*** DATA FOR THIS EXERCISE ***

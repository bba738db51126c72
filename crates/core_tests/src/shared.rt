//! What the tests of several crates speak of: members, changes and nodes. If an allocation fails the call is made
//! again.
ghost use Rattle.std.specs.Prelude.{◌≡◌, ◌%◌, ◌^◌, sum};
ghost use Rattle.change_core.specs.Address.{address_of};

use change_core::{Address, Change, Digest, Incarnation, Moment, Sourced, Status, Weight};
use detector_core::Running;
use hash_ring::{PointHash, SumHash};
use node_core::{Config, NodeState, View};
use std::env::Env;
use std::process::Abort;
use std::sync::Wait;
use std::sync::atomic::{AtomicU64, Ordering};
use std::thread::Threads;
use wire_json::Changes;

/// What a test needs of the system.
pub(crate) trait Host: AllocGlobal + Env + Abort {}

impl<R: AllocGlobal + Env + Abort> Host for R {}

/// The same for a test of nodes that are shared.
pub(crate) trait Waiter: Host + Wait {}

impl<R: Host + Wait> Waiter for R {}

/// The same with threads.
pub(crate) trait System: Waiter + Threads + Sync {}

impl<R: Waiter + Threads + Sync> System for R {}

/// Checks that an allocation is to fail, as the environment says if `scripts/fail-alloc` runs a test: else a call was out of memory
/// though there was enough. It takes no memory.
pub(crate) fn check_refused(rt: &(impl Env + Abort)) {
    let mut number = [0u8; 32];
    assert!(rt; rt.var("FAIL_ALLOC", &mut number).is_ok());
}

/// What is made: by the first attempt, or by another if an allocation failed.
macro_rules! made {
    ($rt:expr, $attempt:expr) => {
        match $attempt {
            Ok(made) => made,
            Err(_) => {
                crate::shared::check_refused($rt);
                $attempt.ok().expect($rt, "memory")
            }
        }
    };
}

/// What is found: by the first attempt, or by another if an allocation failed.
macro_rules! found {
    ($rt:expr, $attempt:expr) => {
        match $attempt {
            Some(found) => found,
            None => {
                crate::shared::check_refused($rt);
                $attempt.expect($rt, "memory")
            }
        }
    };
}

/// Checks that an attempt is completed: the first, or another if an allocation failed.
macro_rules! check_again {
    ($rt:expr, $attempt:expr $(, $told:literal)?) => {{
        let is_so = $attempt || {
            crate::shared::check_refused($rt);
            $attempt
        };
        assert!($rt; is_so $(, $told)?);
    }};
}

pub(crate) use check_again;
pub(crate) use found;
pub(crate) use made;

/// A member `10.0.0.n:1`, by its first number.
pub(crate) type Ip = u32;

pub(crate) const A: Ip = 0x0a00_0001;

pub(crate) const B: Ip = 0x0a00_0002;

pub(crate) const C: Ip = 0x0a00_0003;

pub(crate) const D: Ip = 0x0a00_0004;

pub(crate) const E: Ip = 0x0a00_0005;

pub(crate) const F: Ip = 0x0a00_0006;

/// The greatest incarnation, and the greatest moment.
pub(crate) const LIMIT: u64 = 9_007_199_254_740_991;

/// The SHA-256 of the empty text: the digest of no members.
pub(crate) const NOBODY: &str = "e3b0c44298fc1c149afbf4c8996fb92427ae41e4649b934ca495991b7852b855";

pub(crate) fn address(rt: &impl Abort, ip: Ip) -> Address
    ensures { result ≡ address_of ip 1 }
{
    Address::new(ip, 1).expect(rt, "an address")
}

pub(crate) fn moment(rt: &impl Abort, number: u64) -> Moment {
    Moment::new(number).expect(rt, "a moment")
}

pub(crate) fn incarnation(rt: &impl Abort, number: u64) -> Incarnation {
    Incarnation::new(number).expect(rt, "an incarnation")
}

/// A change with weight 1: of a member, at an incarnation.
pub(crate) type Row = (Ip, u64, Status);

pub(crate) fn change(rt: &impl Abort, row: Row) -> Change {
    let (ip, number, status) = row;
    Change {
        address: address(rt, ip),
        incarnation: incarnation(rt, number),
        status,
        weight: Weight::new(1).expect(rt, "a weight"),
    }
}

/// A change that its own member said.
pub(crate) fn news(rt: &impl Abort, row: Row) -> Sourced {
    let change = change(rt, row);
    Sourced {
        change,
        source: change.address,
        source_incarnation: change.incarnation,
    }
}

/// These changes, each said by its own member.
pub(crate) fn batch(rt: &impl Host, rows: &[Row]) -> Changes {
    let mut list = vec_of(rt, rows.len());
    for row in rows {
        put(rt, &mut list, news(rt, *row));
    }
    Changes::from_vec(list).ok().expect(rt, "changes")
}

/// A list with room for this many.
pub(crate) fn vec_of<T: Drop>(rt: &impl Host, count: usize) -> Vec<T> {
    made!(rt, Vec::with_capacity(rt.alloc(), count))
}

/// Puts another into a list that has room for it.
pub(crate) fn put<T: Drop>(rt: &impl Abort, list: &mut Vec<T>, one: T) {
    list.push(one).ok().expect(rt, "room");
}

/// The standard configuration, with two points for each unit of weight and this many members.
pub(crate) fn config(max_members: usize) -> Config {
    let mut config = Config::standard();
    config.replicas = 2;
    config.max_members = max_members;
    config
}

/// A node of this configuration at moment 0.
pub(crate) fn configured<H: PointHash>(
    rt: &impl Host,
    config: &Config,
    hash: H,
    own: Ip,
    number: u64,
) -> NodeState<H>
    ensures { result.node.own ≡ address_of own 1 }
{
    let (own, created, start) = (address(rt, own), incarnation(rt, number), moment(rt, 0));
    made!(
        rt,
        NodeState::new(rt.alloc(), *config, hash, own, created, 1, start)
    )
}

/// A node with 4,096 members at most.
pub(crate) fn node(rt: &impl Host, own: Ip, number: u64) -> NodeState<SumHash> {
    configured(rt, &config(4096), SumHash, own, number)
}

/// What a node holds: the digest of all its members, itself among them, and its probe.
pub(crate) type Held = (Digest, Option<Running>);

/// What a node holds.
pub(crate) fn held<H: PointHash>(rt: &impl Host, node: &NodeState<H>) -> Held {
    (made!(rt, node.digest()), node.running())
}

/// Takes one change at a moment, which is not refused. If an allocation fails the node is unchanged, and the next try continues.
pub(crate) fn hear<H: PointHash>(rt: &impl Host, node: &mut NodeState<H>, row: Row, now: u64) {
    let (given, now, before) = ([news(rt, row)], moment(rt, now), held(rt, node));
    if node.take(&given, now).is_err() {
        check_refused(rt);
        assert!(rt; held(rt, node) == before);
        assert!(rt; node.take(&given, now).is_ok());
    }
}

pub(crate) fn view<H: PointHash>(rt: &impl Host, node: &mut NodeState<H>) -> View<H> {
    made!(rt, node.view())
}

/// A sum of bytes that counts how often it is asked for.
#[derive(Clone, Copy)]
pub(crate) struct CountingHash<'a> {
    pub(crate) calls: &'a AtomicU64,
}

impl<'a> PointHash for CountingHash<'a> {
    ghost hash_of = { λ _ bytes. sum bytes % 2 ^ 64 };

    fn hash(&self, bytes: &[u8]) -> u64 {
        self.calls.fetch_add(1, Ordering::SeqCst);
        SumHash.hash(bytes)
    }
}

*** End of DATA FOR THIS EXERCISE ***

ABOUT THIS TASK => The material must be repeated in full, with every line exact.

WRITTEN SOLUTION =>
repository bba738db51126c72
filename crates/core_tests/src/shared.rt
//! What the tests of several crates speak of: members, changes and nodes. If an allocation fails the call is made
//! again.
ghost use Rattle.std.specs.Prelude.{◌≡◌, ◌%◌, ◌^◌, sum};
ghost use Rattle.change_core.specs.Address.{address_of};

use change_core::{Address, Change, Digest, Incarnation, Moment, Sourced, Status, Weight};
use detector_core::Running;
use hash_ring::{PointHash, SumHash};
use node_core::{Config, NodeState, View};
use std::env::Env;
use std::process::Abort;
use std::sync::Wait;
use std::sync::atomic::{AtomicU64, Ordering};
use std::thread::Threads;
use wire_json::Changes;

/// What a test needs of the system.
pub(crate) trait Host: AllocGlobal + Env + Abort {}

impl<R: AllocGlobal + Env + Abort> Host for R {}

/// The same for a test of nodes that are shared.
pub(crate) trait Waiter: Host + Wait {}

impl<R: Host + Wait> Waiter for R {}

/// The same with threads.
pub(crate) trait System: Waiter + Threads + Sync {}

impl<R: Waiter + Threads + Sync> System for R {}

/// Checks that an allocation is to fail, as the environment says if `scripts/fail-alloc` runs a test: else a call was out of memory
/// though there was enough. It takes no memory.
pub(crate) fn check_refused(rt: &(impl Env + Abort)) {
    let mut number = [0u8; 32];
    assert!(rt; rt.var("FAIL_ALLOC", &mut number).is_ok());
}

/// What is made: by the first attempt, or by another if an allocation failed.
macro_rules! made {
    ($rt:expr, $attempt:expr) => {
        match $attempt {
            Ok(made) => made,
            Err(_) => {
                crate::shared::check_refused($rt);
                $attempt.ok().expect($rt, "memory")
            }
        }
    };
}

/// What is found: by the first attempt, or by another if an allocation failed.
macro_rules! found {
    ($rt:expr, $attempt:expr) => {
        match $attempt {
            Some(found) => found,
            None => {
                crate::shared::check_refused($rt);
                $attempt.expect($rt, "memory")
            }
        }
    };
}

/// Checks that an attempt is completed: the first, or another if an allocation failed.
macro_rules! check_again {
    ($rt:expr, $attempt:expr $(, $told:literal)?) => {{
        let is_so = $attempt || {
            crate::shared::check_refused($rt);
            $attempt
        };
        assert!($rt; is_so $(, $told)?);
    }};
}

pub(crate) use check_again;
pub(crate) use found;
pub(crate) use made;

/// A member `10.0.0.n:1`, by its first number.
pub(crate) type Ip = u32;

pub(crate) const A: Ip = 0x0a00_0001;

pub(crate) const B: Ip = 0x0a00_0002;

pub(crate) const C: Ip = 0x0a00_0003;

pub(crate) const D: Ip = 0x0a00_0004;

pub(crate) const E: Ip = 0x0a00_0005;

pub(crate) const F: Ip = 0x0a00_0006;

/// The greatest incarnation, and the greatest moment.
pub(crate) const LIMIT: u64 = 9_007_199_254_740_991;

/// The SHA-256 of the empty text: the digest of no members.
pub(crate) const NOBODY: &str = "e3b0c44298fc1c149afbf4c8996fb92427ae41e4649b934ca495991b7852b855";

pub(crate) fn address(rt: &impl Abort, ip: Ip) -> Address
    ensures { result ≡ address_of ip 1 }
{
    Address::new(ip, 1).expect(rt, "an address")
}

pub(crate) fn moment(rt: &impl Abort, number: u64) -> Moment {
    Moment::new(number).expect(rt, "a moment")
}

pub(crate) fn incarnation(rt: &impl Abort, number: u64) -> Incarnation {
    Incarnation::new(number).expect(rt, "an incarnation")
}

/// A change with weight 1: of a member, at an incarnation.
pub(crate) type Row = (Ip, u64, Status);

pub(crate) fn change(rt: &impl Abort, row: Row) -> Change {
    let (ip, number, status) = row;
    Change {
        address: address(rt, ip),
        incarnation: incarnation(rt, number),
        status,
        weight: Weight::new(1).expect(rt, "a weight"),
    }
}

/// A change that its own member said.
pub(crate) fn news(rt: &impl Abort, row: Row) -> Sourced {
    let change = change(rt, row);
    Sourced {
        change,
        source: change.address,
        source_incarnation: change.incarnation,
    }
}

/// These changes, each said by its own member.
pub(crate) fn batch(rt: &impl Host, rows: &[Row]) -> Changes {
    let mut list = vec_of(rt, rows.len());
    for row in rows {
        put(rt, &mut list, news(rt, *row));
    }
    Changes::from_vec(list).ok().expect(rt, "changes")
}

/// A list with room for this many.
pub(crate) fn vec_of<T: Drop>(rt: &impl Host, count: usize) -> Vec<T> {
    made!(rt, Vec::with_capacity(rt.alloc(), count))
}

/// Puts another into a list that has room for it.
pub(crate) fn put<T: Drop>(rt: &impl Abort, list: &mut Vec<T>, one: T) {
    list.push(one).ok().expect(rt, "room");
}

/// The standard configuration, with two points for each unit of weight and this many members.
pub(crate) fn config(max_members: usize) -> Config {
    let mut config = Config::standard();
    config.replicas = 2;
    config.max_members = max_members;
    config
}

/// A node of this configuration at moment 0.
pub(crate) fn configured<H: PointHash>(
    rt: &impl Host,
    config: &Config,
    hash: H,
    own: Ip,
    number: u64,
) -> NodeState<H>
    ensures { result.node.own ≡ address_of own 1 }
{
    let (own, created, start) = (address(rt, own), incarnation(rt, number), moment(rt, 0));
    made!(
        rt,
        NodeState::new(rt.alloc(), *config, hash, own, created, 1, start)
    )
}

/// A node with 4,096 members at most.
pub(crate) fn node(rt: &impl Host, own: Ip, number: u64) -> NodeState<SumHash> {
    configured(rt, &config(4096), SumHash, own, number)
}

/// What a node holds: the digest of all its members, itself among them, and its probe.
pub(crate) type Held = (Digest, Option<Running>);

/// What a node holds.
pub(crate) fn held<H: PointHash>(rt: &impl Host, node: &NodeState<H>) -> Held {
    (made!(rt, node.digest()), node.running())
}

/// Takes one change at a moment, which is not refused. If an allocation fails the node is unchanged, and the next try continues.
pub(crate) fn hear<H: PointHash>(rt: &impl Host, node: &mut NodeState<H>, row: Row, now: u64) {
    let (given, now, before) = ([news(rt, row)], moment(rt, now), held(rt, node));
    if node.take(&given, now).is_err() {
        check_refused(rt);
        assert!(rt; held(rt, node) == before);
        assert!(rt; node.take(&given, now).is_ok());
    }
}

pub(crate) fn view<H: PointHash>(rt: &impl Host, node: &mut NodeState<H>) -> View<H> {
    made!(rt, node.view())
}

/// A sum of bytes that counts how often it is asked for.
#[derive(Clone, Copy)]
pub(crate) struct CountingHash<'a> {
    pub(crate) calls: &'a AtomicU64,
}

impl<'a> PointHash for CountingHash<'a> {
    ghost hash_of = { λ _ bytes. sum bytes % 2 ^ 64 };

    fn hash(&self, bytes: &[u8]) -> u64 {
        self.calls.fetch_add(1, Ordering::SeqCst);
        SumHash.hash(bytes)
    }
}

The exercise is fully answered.